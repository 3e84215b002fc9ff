// A value of an attribute, or null.
ghost use Rattle.std.specs.Prelude.{◌≡◌, Some};
ghost use Rattle.words.specs.Words.{value_words, value_set};

use crate::InWords;
use model::stamp::Value;
use std::fmt;

impl fmt::Display for InWords<Option<Value>> {
    ghost output = { λ x. Some (value_words x.0) };

    fn fmt<W: fmt::Write>(&self, f: &mut fmt::Formatter<W>) -> fmt::Result {
        match self.0 {
            None => write!(f, "null"),
            Some(value) => write!(f, "{value}"),
        }
    }
}

// What a step sets, as it is shown: 255 is a value of no scale, and stands for null.
pub(crate) fn value_set(value: Value) -> Option<Value>
    ensures { result ≡ value_set value }
{
    (value != u8::MAX).then_some(value)
}
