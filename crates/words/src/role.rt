// What a command takes as a parameter, or makes of it.
ghost use Rattle.std.specs.Prelude.{◌≡◌, Some};
ghost use Rattle.scheme.specs.Views.{view};
ghost use Rattle.words.specs.Roles.{role, role_words};

use model::mask::holds;
use scheme::command::Command;
use scheme::test::Parameter;
use std::fmt;

#[derive(Clone, Copy)]
pub enum Role {
    // Stands before, and is declared a card.
    Card,
    // Stands before, as a card or a thing.
    AnyEntry,
    NewCard,
    NewThing,
}

impl Role {
    pub fn of(command: &Command, i: Parameter) -> Role
        ensures { result ≡ role (view command.now) i }
    {
        let is_card = holds(u16::from(command.cards()), i);
        match (command.creates(i), is_card) {
            (false, true) => Role::Card,
            (false, false) => Role::AnyEntry,
            (true, true) => Role::NewCard,
            (true, false) => Role::NewThing,
        }
    }
}

impl fmt::Display for Role {
    ghost output = { λ r. Some (role_words r) };

    fn fmt<W: fmt::Write>(&self, f: &mut fmt::Formatter<W>) -> fmt::Result {
        match self {
            Role::Card => write!(f, "card"),
            Role::AnyEntry => write!(f, "any entry"),
            Role::NewCard => write!(f, "new card"),
            Role::NewThing => write!(f, "new thing"),
        }
    }
}
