// The kinds as the kiosk calls them.
ghost use Rattle.std.specs.Prelude.{Some};
ghost use Rattle.words.specs.Words.{kind_words};

use crate::InWords;
use model::kind::Kind;
use std::fmt;

impl fmt::Display for InWords<Kind> {
    ghost output = { λ x. Some (kind_words x.0) };

    fn fmt<W: fmt::Write>(&self, f: &mut fmt::Formatter<W>) -> fmt::Result {
        match self.0 {
            Kind::Subject => write!(f, "card"),
            Kind::Object => write!(f, "thing"),
        }
    }
}
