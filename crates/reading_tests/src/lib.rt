// Tests of the vocabulary and of the scheme reader: examples, refusals at their places, and boundaries.
#![tactic(auto)]

#[cfg(test)]
mod refusals;
#[cfg(test)]
mod samples;
#[cfg(test)]
mod vocabulary;
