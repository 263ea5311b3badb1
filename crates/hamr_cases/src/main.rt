//! Shows what whole commands do: goes through the case files that its words name, and prints each
//! line of them, with the answer below each question.
#![tactic(auto)]

mod commands;

use crate::commands::Commands;
use case_files::show_file;
use hw_io::{DirStore, OutSink};
use std::process::ExitCode;
use std::{env, io};

/// Goes through the files in the order of the words.
fn main(rt: HostRuntime) -> io::Result<ExitCode> {
    let alloc = rt.alloc();
    let mut out = OutSink::new(io::writer(&rt));
    let Ok(mut commands) = Commands::new(alloc) else {
        return Ok(ExitCode::FAILURE);
    };
    for name in env::args(&rt)?.skip(1) {
        let mut disk = DirStore::new(&rt);
        if show_file(alloc, &mut disk, name.as_str(), &mut commands, &mut out).is_err() {
            return Ok(ExitCode::FAILURE);
        }
    }
    Ok(ExitCode::SUCCESS)
}
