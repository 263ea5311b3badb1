//! Whole commands, over the store and the sink of a case.

use case_files::{Answerer, Context, Devices, Question, Trouble, tell_number, tell_text};
use hamr_cli::hamr;
use hw_io::MemFile;
use hw_text::{NoMemory, TextBuf};
use std::alloc::Global;

/// Who answers, and the store and the sink of a case.
#[derive(Drop)]
pub struct Commands {
    devices: Devices,
}

impl Commands {
    pub fn new(alloc: Global) -> Result<Self, NoMemory> {
        Ok(Commands {
            devices: Devices::new(alloc)?,
        })
    }
}

impl Answerer for Commands {
    fn begin(&mut self, alloc: Global) -> Result<(), NoMemory> {
        self.devices = Devices::new(alloc)?;
        Ok(())
    }

    fn answer(
        &mut self,
        alloc: Global,
        _context: &Context,
        question: &Question,
        out: &mut TextBuf,
    ) -> Result<bool, Trouble> {
        if question.word.rows() != b"run".as_slice() {
            return self.devices.answer(alloc, question, out);
        }
        run(alloc, question, &mut self.devices, out)?;
        Ok(true)
    }
}

/// `run WORDS`: the status of the command, the names that the store holds then, and what went out.
/// The sink is a new one afterwards.
fn run(
    alloc: Global,
    question: &Question,
    devices: &mut Devices,
    out: &mut TextBuf,
) -> Result<(), Trouble> {
    let words = question.words(alloc)?;
    let status = hamr(alloc, &words, &mut devices.store, &mut devices.sink);
    tell_number(out, b"status", i128::from(status.number()))?;
    tell_names(out, devices.store.files())?;
    tell_text(out, devices.sink.bytes())?;
    Ok(devices.clear(alloc)?)
}

/// Appends a line of the names of these files, the oldest first, each where its newest file is;
/// nothing where there is none.
fn tell_names(out: &mut TextBuf, files: &[MemFile]) -> Result<(), NoMemory> {
    if files.is_empty() {
        return Ok(());
    }
    out.word(b"held")?;
    let mut rest = files;
    while let Some((file, newer)) = rest.split_last() {
        if !newer
            .iter()
            .any(|other| other.name.rows() == file.name.rows())
        {
            out.word(b" ")?;
            out.word(file.name.rows())?;
        }
        rest = newer;
    }
    out.newline()
}
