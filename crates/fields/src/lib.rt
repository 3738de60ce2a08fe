// Fields, texts and names in a slice of bytes, and the workspace that holds a name.

#![tactic(auto)]

ghost use Rattle.std.specs.Prelude.{◌≡◌, ◌++◌, ◌+◌, ◌-◌, ◌≤◌, ◌<◌, length, take, drop, replicate};
ghost use Rattle.format.specs.Bytes.{be16, be32, eq_list, before, zeros};
ghost use Rattle.format.specs.Names as Names;
ghost use Rattle.fields.specs.Begun.{Begun};
ghost use Rattle.fields.specs.Words.{little};

use std::cmp::Ordering;

// The most bytes that a name has.
pub const LONGEST: usize = 8192;

// The 16-bit number at a place, the high byte first.
pub fn read16(s: &[u8], at: usize) -> u32
    requires { at + 2 ≤ length s.now }
    ensures { (result ≡ be16 s.now at) × (result < 65536) }
{
    u32::from(u16::from_be_bytes([s[at], s[at + 1]]))
}

// The 32-bit number at a place, the high byte first.
pub fn read32(s: &[u8], at: usize) -> u32
    requires { at + 4 ≤ length s.now }
    ensures { result ≡ be32 s.now at }
{
    u32::from_be_bytes([s[at], s[at + 1], s[at + 2], s[at + 3]])
}

// The place of the first byte b at or after at, or the end.
pub fn find(s: &[u8], at: usize, b: u8) -> usize
    requires { at ≤ length s.now }
    ensures { (result ≡ at + before b (drop at s.now)) × (result ≤ length s.now) }
{
    // No position, and one number for both ends of the loop: where this is put in place, the chain counts four numbers a byte, and check of long
    // lists of names takes a third longer.
    let mut end = at;
    for i in at..s.len() {
        if s[i] == b {
            break;
        }
        end = i + 1;
    }
    end
}

// Whether two texts are equal. The library's ==, promised in the words of the format, which every caller needs.
pub fn same(a: &[u8], b: &[u8]) -> bool
    ensures { result ≡ eq_list a.now b.now }
{
    a == b
}

// Eight bytes at a place as one number, the low byte first.
fn word(s: &[u8], at: usize) -> u64
    requires { at + 8 ≤ length s.now }
    ensures { result ≡ little 8 s.now at }
{
    u64::from_le_bytes([
        s[at],
        s[at + 1],
        s[at + 2],
        s[at + 3],
        s[at + 4],
        s[at + 5],
        s[at + 6],
        s[at + 7],
    ])
}

// How many bytes two texts of at least n bytes have in common at their beginning, as far as whole words of eight tell.
fn common_words(s: &[u8], t: &[u8], n: usize) -> usize
    requires { (n ≤ length s.now) × (n ≤ length t.now) }
    ensures { (result ≤ n) × (Names.common s.now t.now ≡ result + Names.common (drop result s.now) (drop result t.now)) }
{
    for k in 0..n / 8 {
        if word(s, 8 * k) != word(t, 8 * k) {
            return 8 * k;
        }
    }
    n / 8 * 8
}

// How many bytes two texts have in common at their beginning: by words, then by bytes.
pub fn common(s: &[u8], t: &[u8]) -> usize
    ensures { (result ≡ Names.common s.now t.now) × (result ≤ length s.now) × (result ≤ length t.now) }
{
    let n = s.len().min(t.len());
    for i in common_words(s, t, n)..n {
        if s[i] != t[i] {
            return i;
        }
    }
    n
}

// How s compares to t, as unsigned bytes, where they have n in common at their beginning.
pub fn order_after(s: &[u8], t: &[u8], n: usize) -> Ordering
    requires { (n ≡ Names.common s.now t.now) × (n ≤ length s.now) }
    ensures { result ≡ Names.compare s.now t.now }
{
    if s.len() <= n {
        if t.len() <= n {
            return Ordering::Equal;
        }
        return Ordering::Less;
    }
    if t.len() <= n {
        return Ordering::Greater;
    }
    if s[n] < t[n] {
        return Ordering::Less;
    }
    Ordering::Greater
}

// How s compares to t, as unsigned bytes. What they have in common does not count.
pub fn compare(s: &[u8], t: &[u8]) -> Ordering
    ensures { result ≡ Names.compare s.now t.now }
{
    let n = common(s, t);
    order_after(s, t, n)
}

// Whether every byte from a to e is NUL.
pub fn all_zero(s: &[u8], a: usize, e: usize) -> bool
    requires { (a ≤ e) × (e ≤ length s.now) }
    ensures { result ≡ zeros (take (e - a) (drop a s.now)) }
{
    s[a..e].iter().all(|&x| x == 0)
}

// Whether c may be between two slashes.
fn component_ok(c: &[u8]) -> bool
    ensures { result ≡ Names.ok_component c.now }
{
    if 4 < c.len() {
        return true;
    }
    if same(c, b"") {
        return false;
    }
    if same(c, b".") {
        return false;
    }
    if same(c, b"..") {
        return false;
    }
    if same(c, b".git") {
        return false;
    }
    true
}

// Whether s is a name. at is where the component begins that the byte at e belongs to.
pub fn name_ok(s: &[u8]) -> bool
    ensures { result ≡ Names.ok_name s.now }
{
    if LONGEST < s.len() {
        return false;
    }
    let mut at = 0;
    for (e, &x) in s.iter().enumerate() {
        if x == 0 {
            return false;
        }
        if x == b'/' {
            if component_ok(&s[at..e]) {
                at = e + 1;
            } else {
                return false;
            }
        }
    }
    component_ok(&s[at..])
}

// Where the look at a name begins whose first kept bytes begin a sound one: after the last "/" among the last five of these, else at the first
// of the five. A component of which five bytes are there is a good one, whatever follows.
fn look_from(s: &[u8], kept: usize) -> usize
    requires { (kept ≤ length s.now) × (length s.now ≤ 8192) × Begun (take kept s.now) }
    ensures { (result ≤ kept) × (Names.ok_name (drop result s.now) ≡ Names.ok_name s.now) }
{
    let first = kept.saturating_sub(5);
    for i in (first..kept).rev() {
        if s[i] == b'/' {
            return i + 1;
        }
    }
    first
}

// Whether s is a name, where its first kept bytes begin one that is.
pub fn name_ok_after(s: &[u8], kept: usize) -> bool
    requires { (kept ≤ length s.now) × Begun (take kept s.now) }
    ensures { result ≡ Names.ok_name s.now }
{
    if s.len() <= LONGEST {
        let from = look_from(s, kept);
        return name_ok(&s[from..]);
    }
    false
}

// The length field of a name of n bytes.
pub fn length_field(n: usize) -> u32
    ensures { result ≡ Names.length_field n }
{
    n.min(4095) as u32
}

// The workspace from n to its 8,192nd byte is zero.
pub fn clear_from(work: &mut [u8], n: usize)
    requires { (n ≤ 8192) × (8192 ≤ length work.old) }
    ensures { work.new ≡ take n work.old ++ (replicate (8192 - n) 0 ++ drop 8192 work.old) }
{
    work[n..LONGEST].fill(0);
}

// The first 8,192 bytes of the workspace are zero.
pub fn clear(work: &mut [u8])
    requires { 8192 ≤ length work.old }
    ensures { work.new ≡ replicate 8192 0 ++ drop 8192 work.old }
{
    clear_from(work, 0);
}

// The bytes of s are at a place of the workspace.
pub fn copy_to(work: &mut [u8], at: usize, s: &[u8])
    requires { at + length s.now ≤ length work.old }
    ensures { work.new ≡ take at work.old ++ (s.now ++ drop (at + length s.now) work.old) }
{
    // No copy_from_slice: it calls memmove, and the library for C needs memcpy and memset alone.
    for (i, &x) in s.iter().enumerate() {
        work[at + i] = x;
    }
}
-=-=-=-=-
Problem statement:
From the entries, report every line in which the string "begins" occurs.

Answer to the problem:
// Whether s is a name. at is where the component begins that the byte at e belongs to.
// Where the look at a name begins whose first kept bytes begin a sound one: after the last "/" among the last five of these, else at the first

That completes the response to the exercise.